(WHAT YOU NEED TO DO): Search the entries for the word "round". Copy every line where it turns up.
+++
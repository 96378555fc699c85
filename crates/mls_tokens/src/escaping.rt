//! Texts without control characters, and without characters that are invisible or turn a line round.
ghost use Rattle.std.specs.Prelude.{◌≡◌, ◌++◌, OnOk, IfOk};
ghost use Rattle.mls_tokens.specs.Screen.{is_hidden, is_hidden_pair, is_mark, is_joiner, is_hidden_triple, hex_escape};
ghost use Rattle.mls_tokens.specs.Screen.{unicode_escape, pair_escape, byte_at, shown, passed, escaped};
ghost use Rattle.mls_tokens.specs.Screen.{EscapedTextsAreHarmless};

use crate::writing::hex_digit;
use std::alloc::{AllocError, Global};

fn is_hidden(byte: u8) -> bool
    ensures { result ≡ is_hidden byte }
{
    byte < 10 || byte > 10 && byte < 32 || byte == 127
}

/// Whether two bytes are a control character from U+0080 to U+009F, or U+061C.
fn is_hidden_pair(first: u8, second: u8) -> bool
    ensures { result ≡ is_hidden_pair first second }
{
    first == 194 && (second >= 128 && second < 160) || first == 216 && second == 156
}

/// Whether a byte behind 226 128 makes a character from U+200B to U+200F or from U+202A to U+202E.
fn is_mark(third: u8) -> bool
    ensures { result ≡ is_mark third }
{
    third >= 139 && third < 144 || third >= 170 && third < 175
}

/// Whether a byte behind 226 129 makes a character from U+2060 to U+2069.
fn is_joiner(third: u8) -> bool
    ensures { result ≡ is_joiner third }
{
    third >= 160 && third < 170
}

/// Whether three bytes are a mark, a joiner or U+FEFF.
fn is_hidden_triple(first: u8, second: u8, third: u8) -> bool
    ensures { result ≡ is_hidden_triple first second third }
{
    first == 226 && (second == 128 && is_mark(third) || second == 129 && is_joiner(third))
        || first == 239 && (second == 187 && third == 191)
}

fn push_escape(text: &mut Vec<u8>, byte: u8) -> Result<(), AllocError>
    ensures { OnOk result (text.new.items ≡ text.old.items ++ hex_escape byte) }
{
    text.extend_from_slice(&[b'\\', b'x', hex_digit(byte / 16), hex_digit(byte % 16)])
}

/// Appends the number of a character of three bytes.
fn push_number(text: &mut Vec<u8>, first: u8, second: u8, third: u8) -> Result<(), AllocError>
    ensures { OnOk result (text.new.items ≡ text.old.items ++ unicode_escape first second third) }
{
    text.extend_from_slice(&[
        b'\\',
        b'u',
        hex_digit(first % 16),
        hex_digit(second % 64 / 4),
        hex_digit(second % 4 * 4 + third % 64 / 16),
        hex_digit(third % 16),
    ])
}

/// Appends the number of a character of two bytes.
fn push_pair(text: &mut Vec<u8>, first: u8, second: u8) -> Result<(), AllocError>
    ensures { OnOk result (text.new.items ≡ text.old.items ++ pair_escape first second) }
{
    if first == 194 {
        return push_escape(text, second);
    }
    push_number(text, 0, first, second)
}

/// A byte of a text; 0 behind its end.
fn byte_at(bytes: &[u8], place: usize) -> u8
    ensures { result ≡ byte_at bytes.now place }
{
    match bytes.get(place) {
        Some(byte) => *byte,
        None => 0,
    }
}

/// Appends what a character begins with, or the whole of a hidden one.
fn push_shown(text: &mut Vec<u8>, first: u8, second: u8, third: u8) -> Result<(), AllocError>
    ensures { OnOk result (text.new.items ≡ text.old.items ++ shown first second third) }
{
    if is_hidden(first) {
        return push_escape(text, first);
    }
    if is_hidden_pair(first, second) {
        return push_pair(text, first, second);
    }
    if is_hidden_triple(first, second, third) {
        return push_number(text, first, second, third);
    }
    text.push(first)?;
    Ok(())
}

/// How many bytes behind the first are of the same hidden character.
fn passed(first: u8, second: u8, third: u8) -> usize
    ensures { result ≡ passed first second third }
{
    if is_hidden_pair(first, second) {
        1
    } else if is_hidden_triple(first, second, third) {
        2
    } else {
        0
    }
}

/// A text whose control characters but line feeds, those from U+0080 to U+009F among them, are written as `\x` and two
/// digits, and whose characters that are invisible or turn a line round as `\u` and four.
pub fn escape(alloc: Global, bytes: &[u8]) -> Result<Vec<u8>, AllocError>
    ensures { IfOk result (λ text. text.items ≡ escaped bytes.now) }
{
    let mut text = Vec::new(alloc);
    let mut over = 0;
    for (i, byte) in bytes.iter().enumerate() {
        if over > 0 {
            over -= 1;
        } else {
            let behind = &bytes[i + 1..];
            let (second, third) = (byte_at(behind, 0), byte_at(behind, 1));
            push_shown(&mut text, *byte, second, third)?;
            over = passed(*byte, second, third);
        }
    }
    Ok(text)
}

/// What is escaped has no control character but line feeds, and none that is invisible or turns a line round. What is
/// shown on a screen is passed whole, also where no part could have one, so this is no law of each printer.
pub fn escaped_texts_are_harmless()
    ensures { EscapedTextsAreHarmless }
{}
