//! The tokens of a whole text, read one after another.
ghost use Rattle.std.specs.Prelude.{◌≡◌, ◌<◌, ◌^◌, [], ◌∷◌, length, option_map, IfOk, IfErr, IfSome, IsNone};
ghost use Rattle.mls_tokens.specs.declared.fault.TokenCause.TheVariants.{Memory};
ghost use Rattle.mls_tokens.specs.Scanning.{Reads, next_placed, tokens_at};
ghost use Rattle.mls_tokens.specs.Passing.{left, refused, is_word, is_sign, taken, pass, pass_name, has_ended};
ghost use Rattle.mls_tokens.specs.Passing.{starts_with_text, pass_text, pass_end};

use crate::fault::{TokenCause, TokenFault};
use crate::gap::after_gap;
use crate::scanner::leading_token;
use crate::sign::Sign;
use crate::token::{Placed, Token};
use mls_lattice::Str;
use std::alloc::Global;
use std::collections::VecDeque;
use std::marker::Model;

/// The tokens of a text that are left, up to the first place where none stands: its end, or a fault.
#[derive(Drop)]
pub struct Tokens {
    placed: VecDeque<Placed>,
    stop: TokenFault,
}

impl Model for Tokens {
    ghost use Rattle.mls_tokens.specs.Scanning.{Left};

    ghost Value = { Left };

    ghost view = { λ t. record { placed = t.placed.items; stop = t.stop } };
}

/// The next token of the last bytes of a text, and what follows it; or where the text is over or none stands.
#[tactic(auto, unfolding(crate::specs::Scanning::next_placed))]
fn next_placed(alloc: Global, len: usize, bytes: &[u8]) -> Result<(Placed, &[u8]), TokenFault>
    requires { len < 2 ^ 63 }
    ensures exact { Reads (λ x. (x.0, x.1.now)) result (next_placed len bytes.now) }
    ensures shorter { IfOk result (λ x. length x.1.now < length bytes.now) }
{
    let front = match after_gap(bytes) {
        Ok(front) => front,
        Err(left) => {
            return Err(TokenFault {
                at: len.saturating_sub(left) + 1,
                cause: TokenCause::Token,
            });
        }
    };
    if front.is_empty() {
        return Err(TokenFault {
            at: len + 1,
            cause: TokenCause::Expected,
        });
    }
    let at = len.saturating_sub(front.len()) + 1;
    match leading_token(alloc, front) {
        Ok((token, after)) => Ok((Placed { token, at }, after)),
        Err(failed) => Err(TokenFault {
            at,
            cause: TokenCause::from(failed),
        }),
    }
}

impl Tokens {
    /// Splits a text into tokens.
    #[tactic(auto, using(crate::proofs::TokensLemmas::token_steps))]
    pub fn new(alloc: Global, text: &[u8]) -> Result<Tokens, TokenFault>
        ensures exact { IfOk result (λ t. t ≡ tokens_at text.now) }
        ensures memory { IfErr result (λ e. e.cause ≡ Memory) }
    {
        let mut placed = VecDeque::new(alloc);
        let mut rest = text;
        loop {
            match next_placed(alloc, text.len(), rest) {
                Ok((token, after)) => {
                    placed.push_back(token)?;
                    rest = after;
                }
                Err(stop) if stop.cause == TokenCause::Memory => return Err(stop),
                Err(stop) => return Ok(Tokens { placed, stop }),
            }
        }
    }

    /// The next token, which is passed; or None where none is left.
    pub fn pop(&mut self) -> Option<Placed>
        ensures some { IfSome result (λ p. self.old ≡ left (p ∷ self.new.placed) self.new.stop) }
        ensures none { IsNone result → self.old ≡ left [] self.old.stop }
        ensures stays { IsNone result → self.new ≡ self.old }
    {
        self.placed.pop_front()
    }

    /// The fault where the next token may not stand here, where a text that is too long is a token too.
    #[tactic(auto, using(crate::proofs::PassingSteps::first_steps))]
    pub fn refused(&self) -> TokenFault
        ensures { result ≡ refused self.now }
    {
        let (at, cause) = match (self.placed.front(), self.stop.cause) {
            (Some(first), _) => (first.at, TokenCause::Expected),
            (None, TokenCause::TooLong) => (self.stop.at, TokenCause::Expected),
            (None, cause) => (self.stop.at, cause),
        };
        TokenFault { at, cause }
    }

    /// What is answered where one more token is wanted than there is.
    pub fn stop(&self) -> TokenFault
        ensures { result ≡ self.now.stop }
    {
        self.stop
    }

    /// Passes a sign if it is next, and gives its place.
    #[tactic(auto, using(crate::proofs::PassingSteps::first_steps))]
    pub fn takes_sign(&mut self, sign: Sign) -> Option<usize>
        ensures taken { option_map (λ at. (at, self.new)) result ≡ taken (is_sign sign) self.old }
        ensures stays { IsNone result → self.new ≡ self.old }
    {
        let at = match self.placed.front() {
            Some(first) if first.token.is_sign(sign) => first.at,
            _ => return None,
        };
        let _ = self.placed.pop_front();
        Some(at)
    }

    /// Passes a word if it is next, and gives its place.
    #[tactic(auto, using(crate::proofs::PassingSteps::first_steps))]
    pub fn takes_word(&mut self, word: &str) -> Option<usize>
        ensures taken { option_map (λ at. (at, self.new)) result ≡ taken (is_word word.now) self.old }
        ensures stays { IsNone result → self.new ≡ self.old }
    {
        let at = match self.placed.front() {
            Some(first) if first.token.is_word(word) => first.at,
            _ => return None,
        };
        let _ = self.placed.pop_front();
        Some(at)
    }

    /// Passes a sign, and gives its place.
    pub fn sign(&mut self, sign: Sign) -> Result<usize, TokenFault>
        ensures { Reads (λ at. (at, self.new)) result (pass (is_sign sign) self.old) }
    {
        match self.takes_sign(sign) {
            Some(at) => Ok(at),
            None => Err(self.refused()),
        }
    }

    /// Passes a word, and gives its place.
    pub fn word(&mut self, word: &str) -> Result<usize, TokenFault>
        ensures { Reads (λ at. (at, self.new)) result (pass (is_word word.now) self.old) }
    {
        match self.takes_word(word) {
            Some(at) => Ok(at),
            None => Err(self.refused()),
        }
    }

    /// Passes a name, and gives it with its place.
    pub fn name(&mut self) -> Result<(Str, usize), TokenFault>
        ensures { Reads (λ x. ((x.0, x.1), self.new)) result (pass_name self.old) }
    {
        let Some(first) = self.pop() else {
            return Err(self.refused());
        };
        match first.token.into_name() {
            Some(name) => Ok((name, first.at)),
            None => Err(TokenFault {
                at: first.at,
                cause: TokenCause::Expected,
            }),
        }
    }

    /// Whether a text is next.
    #[tactic(auto, using(crate::proofs::PassingSteps::first_steps))]
    pub fn starts_with_text(&self) -> bool
        ensures { result ≡ starts_with_text self.now }
    {
        match self.placed.front() {
            Some(first) => first.token.is_text(),
            None => false,
        }
    }

    /// Passes a text if it is next, and gives it with its place. Where no token is left it is told why.
    #[tactic(auto, using(crate::proofs::PassingSteps::first_steps))]
    pub fn takes_text(&mut self) -> Result<Option<(Str, usize)>, TokenFault>
        ensures { Reads (λ o. (option_map (λ x. (x.0, x.1)) o, self.new)) result (pass_text self.old) }
    {
        if self.placed.is_empty() {
            return Err(self.stop);
        }
        if !self.starts_with_text() {
            return Ok(None);
        }
        let Some(first) = self.pop() else {
            return Ok(None);
        };
        let at = first.at;
        match first.token {
            Token::Text(text) => Ok(Some((text, at))),
            _ => Ok(None),
        }
    }

    /// Whether the text is over.
    pub fn has_ended(&self) -> bool
        ensures { result ≡ has_ended self.now }
    {
        self.placed.is_empty() && self.stop.cause == TokenCause::Expected
    }

    /// Passes the end of the text.
    pub fn end(&self) -> Result<(), TokenFault>
        ensures { Reads (λ _. tt) result (pass_end self.now) }
    {
        if self.has_ended() {
            Ok(())
        } else {
            Err(self.refused())
        }
    }
}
+++
(SOLUTION TO THIS TASK):
//! Texts without control characters, and without characters that are invisible or turn a line round.
/// digits, and whose characters that are invisible or turn a line round as `\u` and four.
/// What is escaped has no control character but line feeds, and none that is invisible or turns a line round. What is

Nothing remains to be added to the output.